Carbon Dioxide – Based Energy Storage System: a Thermodynamic Approach

Extended Abstract Compressed gas energy storage systems attract progressively the attention of researchers. Coupled to renewable energy sources, they enable to align the electrical energy demand with its production by overcoming their intermittency nature. They may also produce heating and cooling at the same time. They offer a green solution for remote communities but also for provinces where the price of electricity may highly vary during a day. The performances of systems working with air have been extensively evaluated thermodynamically and experimentally for decades and these technologies have already been implemented at a large scale (see the sites of Huntorf and MacIntosh). On the contrary, only few works focused on carbon dioxide as energy transfer medium. With the development of carbon dioxide capture and transport technologies, it appears as a nice way to massively revaluate CO2 and by the way to limit its emissions and climate change. After an exhaustive literature review on the capture, transport and utilization of carbon dioxide in energy storage systems, a thermodynamic model based on real fluid properties is developed. It evaluates the thermodynamic performances of an innovative cycle proposed recently by Liu et al. (2020).
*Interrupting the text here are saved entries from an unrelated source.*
/// The index of the last bit of a window that is 1.
#[unsafe(no_mangle)]
pub extern "C" fn fb_u32_last_one(
    order: u32,
    elements: &[u32],
    start: usize,
    len: usize,
    index: &mut usize,
) -> u32
    ensures { Seeks order 32 (λ x. x) LastOne (bits_from start len) elements.now index.old index.new result }
{
    bitvec_checked::last_one(order, elements, start, len, index)
}

/// The index of the last bit of a window that is 0.
#[unsafe(no_mangle)]
pub extern "C" fn fb_u32_last_zero(
    order: u32,
    elements: &[u32],
    start: usize,
    len: usize,
    index: &mut usize,
) -> u32
    ensures { Seeks order 32 (λ x. x) LastZero (bits_from start len) elements.now index.old index.new result }
{
    bitvec_checked::last_zero(order, elements, start, len, index)
}

/// Whether some bit of a window is 1.
#[unsafe(no_mangle)]
pub extern "C" fn fb_u32_any(
    order: u32,
    elements: &[u32],
    start: usize,
    len: usize,
    answer: &mut bool,
) -> u32
    ensures { Asks order 32 (λ x. x) Any bit_of (bits_from start len) elements.now answer.old answer.new result }
{
    bitvec_checked::any(order, elements, start, len, answer)
}

/// Whether each bit of a window is 1.
#[unsafe(no_mangle)]
pub extern "C" fn fb_u32_all(
    order: u32,
    elements: &[u32],
    start: usize,
    len: usize,
    answer: &mut bool,
) -> u32
    ensures { Asks order 32 (λ x. x) All bit_of (bits_from start len) elements.now answer.old answer.new result }
{
    bitvec_checked::all(order, elements, start, len, answer)
}

/// The number of the bits of a window, the first segment lowest.
#[unsafe(no_mangle)]
pub extern "C" fn fb_u32_load_le(
    order: u32,
    elements: &[u32],
    start: usize,
    len: usize,
    number: &mut u64,
) -> u32
    ensures { Loads order 32 (λ x. x) loaded_le (bits_from start len) elements.now number.old number.new result }
{
    bitvec_checked::load_le(order, elements, start, len, number)
}

/// The number of the bits of a window, the first segment highest.
#[unsafe(no_mangle)]
pub extern "C" fn fb_u32_load_be(
    order: u32,
    elements: &[u32],
    start: usize,
    len: usize,
    number: &mut u64,
) -> u32
    ensures { Loads order 32 (λ x. x) loaded_be (bits_from start len) elements.now number.old number.new result }
{
    bitvec_checked::load_be(order, elements, start, len, number)
}

/// Gives the bits of a window a number modulo `2^len`, the first segment lowest.
#[unsafe(no_mangle)]
pub extern "C" fn fb_u32_store_le(
    order: u32,
    elements: &mut [u32],
    start: usize,
    len: usize,
    number: u64,
) -> u32
    ensures { Stores order 32 (λ x. x) stored_le number (bits_from start len) elements.old elements.new result }
{
    bitvec_checked::store_le(order, elements, start, len, number)
}

/// Gives the bits of a window a number modulo `2^len`, the first segment highest.
#[unsafe(no_mangle)]
pub extern "C" fn fb_u32_store_be(
    order: u32,
    elements: &mut [u32],
    start: usize,
    len: usize,
    number: u64,
) -> u32
    ensures { Stores order 32 (λ x. x) stored_be number (bits_from start len) elements.old elements.new result }
{
    bitvec_checked::store_be(order, elements, start, len, number)
}

/// The indices, from `from` on, of the bits of a window that are 1, ascending, as many as there are
/// places for, and how many these are.
#[unsafe(no_mangle)]
pub extern "C" fn fb_u32_ones(
    order: u32,
    elements: &[u32],
    start: usize,
    len: usize,
    from: usize,
    indices: &mut [usize],
    found: &mut usize,
) -> u32
    ensures { Lists order 32 (λ x. x) from (bits_from start len) elements.now indices.old indices.new found.old found.new result }
{
    ones(order, elements, start, len, from, indices, found)
}

/// Makes every so many bits of a window `bit`.
#[unsafe(no_mangle)]
pub extern "C" fn fb_u32_fill_step(
    order: u32,
    elements: &mut [u32],
    start: usize,
    len: usize,
    step: usize,
    bit: bool,
) -> u32
    ensures { FillsEvery order 32 (λ x. x) step bit (bits_from start len) elements.old elements.new result }
{
    bitvec_checked::fill_step(order, elements, start, len, step, bit)
}

/// How many of every so many bits of a window are 1.
#[unsafe(no_mangle)]
pub extern "C" fn fb_u32_count_step(
    order: u32,
    elements: &[u32],
    start: usize,
    len: usize,
    step: usize,
    ones: &mut usize,
) -> u32
    ensures { CountsEvery order 32 (λ x. x) step (bits_from start len) elements.now ones.old ones.new result }
{
    bitvec_checked::count_step(order, elements, start, len, step, ones)
}

/// Copies every so many bits of the right window to every so many places of a window, which are as many.
#[unsafe(no_mangle)]
pub extern "C" fn fb_u32_copy_step(
    order: u32,
    elements: &mut [u32],
    start: usize,
    len: usize,
    right: &[u32],
    right_start: usize,
    right_len: usize,
    step: usize,
    right_step: usize,
) -> u32
    ensures { CopiesEvery order 32 (λ x. x) step (bits_from start len) (bits_from right_start right_len) right_step elements.old elements.new right.now result }
{
    bitvec_checked::copy_step(
        order,
        elements,
        start,
        len,
        right,
        right_start,
        right_len,
        step,
        right_step,
    )
}

/// How many bits of a window are 1, and so are those at their indices in the right window.
#[unsafe(no_mangle)]
pub extern "C" fn fb_u32_count_and(
    order: u32,
    elements: &[u32],
    start: usize,
    len: usize,
    right: &[u32],
    right_start: usize,
    right_len: usize,
    pairs: &mut usize,
) -> u32
    ensures { Tells order 32 (λ x. x) (pairs_where ◌&&◌) (bits_from start len) (bits_from right_start right_len) elements.now right.now pairs.old pairs.new result }
{
    bitvec_checked::count_and(
        order,
        elements,
        start,
        len,
        right,
        right_start,
        right_len,
        pairs,
    )
}

/// How many bits of a window differ from those at their indices in the right window, 0 past its end.
#[unsafe(no_mangle)]
pub extern "C" fn fb_u32_count_xor(
    order: u32,
    elements: &[u32],
    start: usize,
    len: usize,
    right: &[u32],
    right_start: usize,
    right_len: usize,
    pairs: &mut usize,
) -> u32
    ensures { Tells order 32 (λ x. x) (pairs_where differs) (bits_from start len) (bits_from right_start right_len) elements.now right.now pairs.old pairs.new result }
{
    bitvec_checked::count_xor(
        order,
        elements,
        start,
        len,
        right,
        right_start,
        right_len,
        pairs,
    )
}

/// Whether no bit is 1 in a window and at its index in the right window.
#[unsafe(no_mangle)]
pub extern "C" fn fb_u32_disjoint(
    order: u32,
    elements: &[u32],
    start: usize,
    len: usize,
    right: &[u32],
    right_start: usize,
    right_len: usize,
    answer: &mut bool,
) -> u32
    ensures { Tells order 32 (λ x. x) (no_pair_where ◌&&◌) (bits_from start len) (bits_from right_start right_len) elements.now right.now answer.old answer.new result }
{
    bitvec_checked::disjoint(
        order,
        elements,
        start,
        len,
        right,
        right_start,
        right_len,
        answer,
    )
}

/// Whether each bit that is 1 in a window is 1 at its index in the right window.
#[unsafe(no_mangle)]
pub extern "C" fn fb_u32_subset(
    order: u32,
    elements: &[u32],
    start: usize,
    len: usize,
    right: &[u32],
    right_start: usize,
    right_len: usize,
    answer: &mut bool,
) -> u32
    ensures { Tells order 32 (λ x. x) (no_pair_where only_first) (bits_from start len) (bits_from right_start right_len) elements.now right.now answer.old answer.new result }
{
    bitvec_checked::subset(
        order,
        elements,
        start,
        len,
        right,
        right_start,
        right_len,
        answer,
    )
}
The influences of the turbine inlet pressure and temperature, compressor inlet and outlet pressures, charging/discharging times, the CO2 mass flowrate and isentropic efficiencies are quantified in details. Some improvements are then proposed to both diminish the price of the system and reduce the throttling losses by integrating transcritical ejectors. The integration of vortex tubes could be also beneficial for cooling and heating production.